Now, for $t>0$, we have $$t(2x_m^2-x_m)-(x_m^3-2x_m)<\sum_{i=1}^{m-1}\,\Big(t(x_i-2x_i^2)-(2x_i-x_i^3)\Big)\,.\tag{*}$$ Define the function $f_t:\mathbb{R}\to\mathbb{R}$ by $$f_t(y):=t(y-2y^2)-(2y-y^3)\,.$$ Let $\tau:=\dfrac{106}{23}$. We note that $f_\tau$ is strictly decreasing on the interval $[4,6]$ and the maximum value of $f_\tau(y)$ for $y\in[0,6]$ is $\dfrac{61600}{328509}$, and this happens when $y=\dfrac{10}{69}$. That is, using (*), we obtain $$-f_\tau(4)<(m-1)\,f_\tau\left(\frac{10}{69}\right)\,,\text{ or }m>\frac{42959}{110}>390\,.$$ This proves that $m\geq 391$.

If I could prove that $x_m>5$, then it would follow that $m\geq 494$, which is quite an improvement. Better yet, if I knew that $x_m>5.2$, then I would get $m\geq 508$. If I used $f_T$ with $T:=\dfrac{3}{8}+\dfrac{1519}{32\sqrt{129}}$ instead, then I would improve the three inequalities by a little:

• $x_m>4$ implies $m\geq 395$;
• $x_m>5$ implies $m\geq 496$;
• $x_m>5.2$ implies $m\geq 511$.

If I study $f_s$ with $s:=\dfrac{73}{19}$ instead, then I can improve the bound for $x_m>4$ by a lot.
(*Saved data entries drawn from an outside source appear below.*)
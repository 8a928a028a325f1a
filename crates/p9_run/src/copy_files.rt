ghost use Rattle.std.specs.Prelude.{◌≡◌, [], IfOk, OnOk};
ghost use Rattle.p9_outside.specs.Promised.{source_tells, sink_tells};
ghost use Rattle.p9_word.specs.Setup.{IsValid};
ghost use Rattle.p9_run.specs.CopyEnd.{IsCopyTrail};
ghost use Rattle.p9_run.specs.CopyFinish.{unopened, run_end, FinishesRun, CopyLeaves};
ghost use Rattle.p9_run.specs.CopySetup.{copy_setup};
ghost use Rattle.p9_run.specs.CountedCalls.{CountsRun};
ghost use Rattle.p9_run.specs.FaultLines.{fails_at, failed_at};
ghost use Rattle.p9_run.specs.Moves.{MovesOver};
ghost use Rattle.p9_manual.specs.Effects.{has_failed};
ghost use Rattle.p9_laws.specs.Ending.{HasEnded, is_stuck_reply, ends_stuck};

use crate::copy_programs::CopyPrograms;
use crate::copy_setup::copy_setup;
use crate::machine_engine::RunningMachine;
use crate::report::{FileFault, RunEnd};
use crate::run_files::{Ran, run_files};
use p9_laws::ending::runs_end;
use p9_machine::Machine;
use p9_outside::laws::untold_reads_are_full;
use p9_outside::{Files, FilesFault, Sink, Source};
use p9_word::{Effect, Entry, Event, NoMemory, Reply, Room, Seat, Trail};
use std::alloc::Global;
use std::sync::Wait;

/// What the run of a copy's text came to.
#[derive(Drop)]
pub(crate) struct Copied {
    /// What it tells, or that memory was wanted.
    pub(crate) end: Result<RunEnd, NoMemory>,
    /// All that happened.
    pub(crate) trail: Trail,
}

/// The trail of a run of which nothing happened.
pub(crate) fn no_trail(alloc: Global) -> Trail
    ensures trail { IsCopyTrail result }
    ensures empty { result.entries.items ≡ [] }
{
    Trail {
        procs: 0,
        start: 42,
        entries: Room::new(alloc),
    }
}

fn has_failed(effect: &Effect) -> bool
    ensures { result ≡ has_failed effect.now }
{
    match effect {
        Effect::Got { failed, .. } | Effect::Wrote { failed, .. } => *failed,
        _ => false,
    }
}

fn fails_at(entry: &Entry, k: u32) -> bool
    ensures { result ≡ fails_at k entry.now }
{
    match (&entry.seat, &entry.event) {
        (Seat::Io(j), Event::IoDid(effect)) => *j == k && has_failed(effect),
        _ => false,
    }
}

/// Whether a call on file 1 failed, and whether one on file 2 did. A trail may be long, and is gone through once.
fn failed_files(entries: &[Entry]) -> (bool, bool)
    ensures first { result.0 ≡ failed_at 1 entries.now }
    ensures second { result.1 ≡ failed_at 2 entries.now }
{
    let mut first = false;
    let mut second = false;
    for entry in entries {
        first |= fails_at(entry, 1);
        second |= fails_at(entry, 2);
    }
    (first, second)
}

fn is_stuck(reply: &Reply) -> bool
    ensures { result ≡ is_stuck_reply reply.now }
{
    matches!(reply, Reply::Stuck)
}

fn ends_stuck(entries: &[Entry]) -> bool
    ensures { result ≡ ends_stuck entries.now }
{
    match entries.last() {
        Some(entry) => is_stuck(&entry.reply),
        None => false,
    }
}

/// What a run tells where a file couldn't be opened: the in file, or else the out file.
fn unopened(fault: FilesFault, input: bool) -> Result<RunEnd, NoMemory>
    ensures { result ≡ unopened fault input }
{
    match fault {
        FilesFault::Memory => Err(NoMemory),
        FilesFault::Failed => Ok(RunEnd {
            stuck: false,
            input: if input { Some(FileFault::Open) } else { None },
            output: if input { None } else { Some(FileFault::Open) },
        }),
    }
}

/// What a run tells that went to its end.
fn run_end(entries: &[Entry], closed: Result<(), FilesFault>) -> Result<RunEnd, NoMemory>
    ensures { result ≡ run_end (ends_stuck entries.now) (failed_at 1 entries.now) (failed_at 2 entries.now) closed }
{
    let close = match closed {
        Ok(()) => None,
        Err(FilesFault::Failed) => Some(FileFault::Close),
        Err(FilesFault::Memory) => return Err(NoMemory),
    };
    let (input, output) = failed_files(entries);
    Ok(RunEnd {
        stuck: ends_stuck(entries),
        input: if input { Some(FileFault::Read) } else { None },
        output: if output {
            Some(FileFault::Write)
        } else {
            close
        },
    })
}

/// A machine that has done nothing yet, for the setup of a copy.
fn new_machine(alloc: Global) -> Result<RunningMachine, NoMemory>
    ensures setup { IfOk result (λ m. m.machine.setup ≡ copy_setup) }
    ensures valid { IfOk result (λ m. IsValid m.machine.setup) }
    ensures new { IfOk result (λ m. m.machine.entries ≡ []) }
{
    let setup = copy_setup(alloc)?;
    Ok(RunningMachine::new(Machine::new(alloc, &setup)?))
}

/// The run of a copy's two threads over its two files.
#[derive(Drop)]
struct CopyRun<S, K> {
    ran: Ran<S, K>,
    trail: Trail,
}

/// Runs a copy's two threads on a new machine, over a source and a sink.
fn run_copy<R: Wait, S: Source + Drop, K: Sink + Drop>(
    rt: &R,
    alloc: Global,
    source: S,
    sink: K,
) -> Result<CopyRun<S, K>, NoMemory>
    ensures trail { IfOk result (λ r. IsCopyTrail r.trail) }
    ensures ended { IfOk result (λ r. OnOk r.ran.outcome (HasEnded copy_setup r.trail.entries.items)) }
    ensures moves { IfOk result (λ r. MovesOver (source_tells S.left S.faults S.steady) (sink_tells K.held K.faults K.firm)
        r.trail.entries.items source r.ran.source sink r.ran.sink) }
{
    let mut machine = new_machine(alloc)?;
    let programs = CopyPrograms::new(alloc);
    let ran = run_files(rt, alloc, &mut machine, &programs, 1, source, sink);
    runs_end();
    Ok(CopyRun {
        ran,
        trail: machine.into_trail(),
    })
}

/// What a run comes to of which nothing happened.
fn not_run(alloc: Global, end: Result<RunEnd, NoMemory>) -> Copied
    ensures end { result.end ≡ end }
    ensures trail { IsCopyTrail result.trail }
    ensures empty { result.trail.entries.items ≡ [] }
{
    Copied {
        end,
        trail: no_trail(alloc),
    }
}

/// Runs the text that copies a file to another one.
pub(crate) fn copy_files<R: Wait, F: Files>(
    rt: &R,
    alloc: Global,
    files: &mut F,
    from: &[u8],
    to: &[u8],
) -> Copied
    ensures trail { IsCopyTrail result.trail }
    ensures end { CopyLeaves F.contents files.old files.new from.now to.now result }
    ensures counts { CountsRun result.end (F.faults files.old) (F.faults files.new) }
{
    untold_reads_are_full();
    let source = match files.source(alloc, from) {
        Ok(source) => source,
        Err(fault) => return not_run(alloc, unopened(fault, true)),
    };
    let sink = match files.sink(alloc, to) {
        Ok(sink) => sink,
        Err(fault) => return not_run(alloc, unopened(fault, false)),
    };
    match run_copy(rt, alloc, source, sink) {
        Ok(run) => finish(files, to, run),
        Err(NoMemory) => not_run(alloc, Err(NoMemory)),
    }
}

/// Makes what was written the contents of the out file, where the run came to its end.
fn finish<F: Files>(files: &mut F, to: &[u8], run: CopyRun<F::Src, F::Dst>) -> Copied
    ensures trail { result.trail ≡ run.trail }
    ensures end { FinishesRun F.contents F.faults files.old files.new F.Dst.held to.now run result.end }
{
    let CopyRun { ran, trail } = run;
    let Ran {
        outcome,
        source: _,
        sink,
    } = ran;
    if outcome.is_err() {
        return Copied {
            end: Err(NoMemory),
            trail,
        };
    }
    let closed = files.close(to, sink);
    Copied {
        end: run_end(trail.entries.as_slice(), closed),
        trail,
    }
}
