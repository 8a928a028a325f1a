ghost use Rattle.std.specs.Prelude.{◌≡◌, ◌++◌, OnOk, IfOk};
ghost use Rattle.p9_run.specs.Report.{memory_line, usage_line, stuck_line, not_yet_line, fault_text, fault_line, run_status, status, messages};

use p9_word::{Msg, NoMemory, Room};
use std::alloc::Global;

/// The first fault of a file.
#[derive(Clone, Copy, Debug, PartialEq, Eq)]
pub(crate) enum FileFault {
    /// It couldn't be opened.
    Open,
    /// A read of it failed.
    Read,
    /// A write of it failed.
    Write,
    /// It couldn't be closed.
    Close,
}

/// What the run of a text came to.
#[derive(Clone, Copy, Debug, PartialEq, Eq)]
pub(crate) struct RunEnd {
    /// Threads lived at the end, and none of them could ever run again.
    pub(crate) stuck: bool,
    /// The first fault of the in file.
    pub(crate) input: Option<FileFault>,
    /// The first fault of the out file.
    pub(crate) output: Option<FileFault>,
}

/// What a command came to.
#[derive(Drop)]
pub(crate) enum CommandEnd {
    /// Memory was wanted.
    Memory,
    /// The words are no command.
    Usage,
    /// FILE was read, and its text can't be run yet.
    NotYet { file: Msg },
    /// FILE couldn't be opened, or a read of it failed.
    FileFailed { file: Msg, fault: FileFault },
    /// The text of FILE was run, over these two paths.
    Ran { end: RunEnd, from: Msg, to: Msg },
}

/// The line that tells that memory was wanted. It takes no memory itself.
pub(crate) fn memory_line() -> &'static [u8]
    ensures { result.now ≡ memory_line }
{
    b"p9pipe: out of memory\n"
}

fn usage_line() -> &'static [u8]
    ensures { result.now ≡ usage_line }
{
    b"p9pipe: usage: run [-p N] [-s START] [-t TRAIL] FILE | bulk N | check FILE | replay FILE TRAIL\n"
}

fn stuck_line(stuck: bool) -> &'static [u8]
    ensures { result.now ≡ stuck_line stuck }
{
    if stuck { b"p9pipe: stuck\n" } else { b"" }
}

fn fault_text(fault: FileFault) -> &'static [u8]
    ensures { result.now ≡ fault_text fault }
{
    match fault {
        FileFault::Open => b": open failed\n",
        FileFault::Read => b": read failed\n",
        FileFault::Write => b": write failed\n",
        FileFault::Close => b": close failed\n",
    }
}

fn append(room: &mut Room<u8>, bytes: &[u8]) -> Result<(), NoMemory>
    ensures { OnOk result (room.new.items ≡ room.old.items ++ bytes.now) }
{
    room.reserve(bytes.len())?;
    room.push_all(bytes);
    Ok(())
}

fn append_not_yet(room: &mut Room<u8>, file: &[u8]) -> Result<(), NoMemory>
    ensures { OnOk result (room.new.items ≡ room.old.items ++ not_yet_line file.now) }
{
    append(room, b"p9pipe: ")?;
    append(room, file)?;
    append(room, b":1: not built yet\n")
}

fn append_fault(room: &mut Room<u8>, path: &[u8], fault: Option<FileFault>) -> Result<(), NoMemory>
    ensures { OnOk result (room.new.items ≡ room.old.items ++ fault_line path.now fault) }
{
    let Some(fault) = fault else {
        return Ok(());
    };
    append(room, b"p9pipe: ")?;
    append(room, path)?;
    append(room, fault_text(fault))
}

/// The messages of a command: the bytes that standard error gets.
pub(crate) fn messages(alloc: Global, end: &CommandEnd) -> Result<Room<u8>, NoMemory>
    ensures { IfOk result (λ r. r.items ≡ messages end.now) }
{
    let mut room = Room::new(alloc);
    match end {
        CommandEnd::Memory => append(&mut room, memory_line())?,
        CommandEnd::Usage => append(&mut room, usage_line())?,
        CommandEnd::NotYet { file } => append_not_yet(&mut room, file.as_slice())?,
        CommandEnd::FileFailed { file, fault } => {
            append_fault(&mut room, file.as_slice(), Some(*fault))?
        }
        CommandEnd::Ran { end, from, to } => {
            append(&mut room, stuck_line(end.stuck))?;
            append_fault(&mut room, from.as_slice(), end.input)?;
            append_fault(&mut room, to.as_slice(), end.output)?;
        }
    }
    Ok(room)
}

fn run_status(end: &RunEnd) -> u8
    ensures { result ≡ run_status end.now }
{
    if end.stuck {
        3
    } else if end.input.is_some() || end.output.is_some() {
        1
    } else {
        0
    }
}

/// The status of a command.
pub(crate) fn status(end: &CommandEnd) -> u8
    ensures { result ≡ status end.now }
{
    match end {
        CommandEnd::Memory => 4,
        CommandEnd::Usage | CommandEnd::NotYet { .. } => 2,
        CommandEnd::FileFailed { .. } => 1,
        CommandEnd::Ran { end, .. } => run_status(end),
    }
}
That is, $$x_m>4\text{ implies }m\geq 461\,.$$ This is the best bound so far without extra assumptions on $x_m$, and I have no idea how to improve it (except very slightly, like $x_m>5$ leads to $m\geq 464$, which is not a very impressive improvement using $f_s$). Thus, so far, I can only say that $m\geq 461$, missing the intended target by $55$, but that may be improved if I can get a better bound for $x_m$.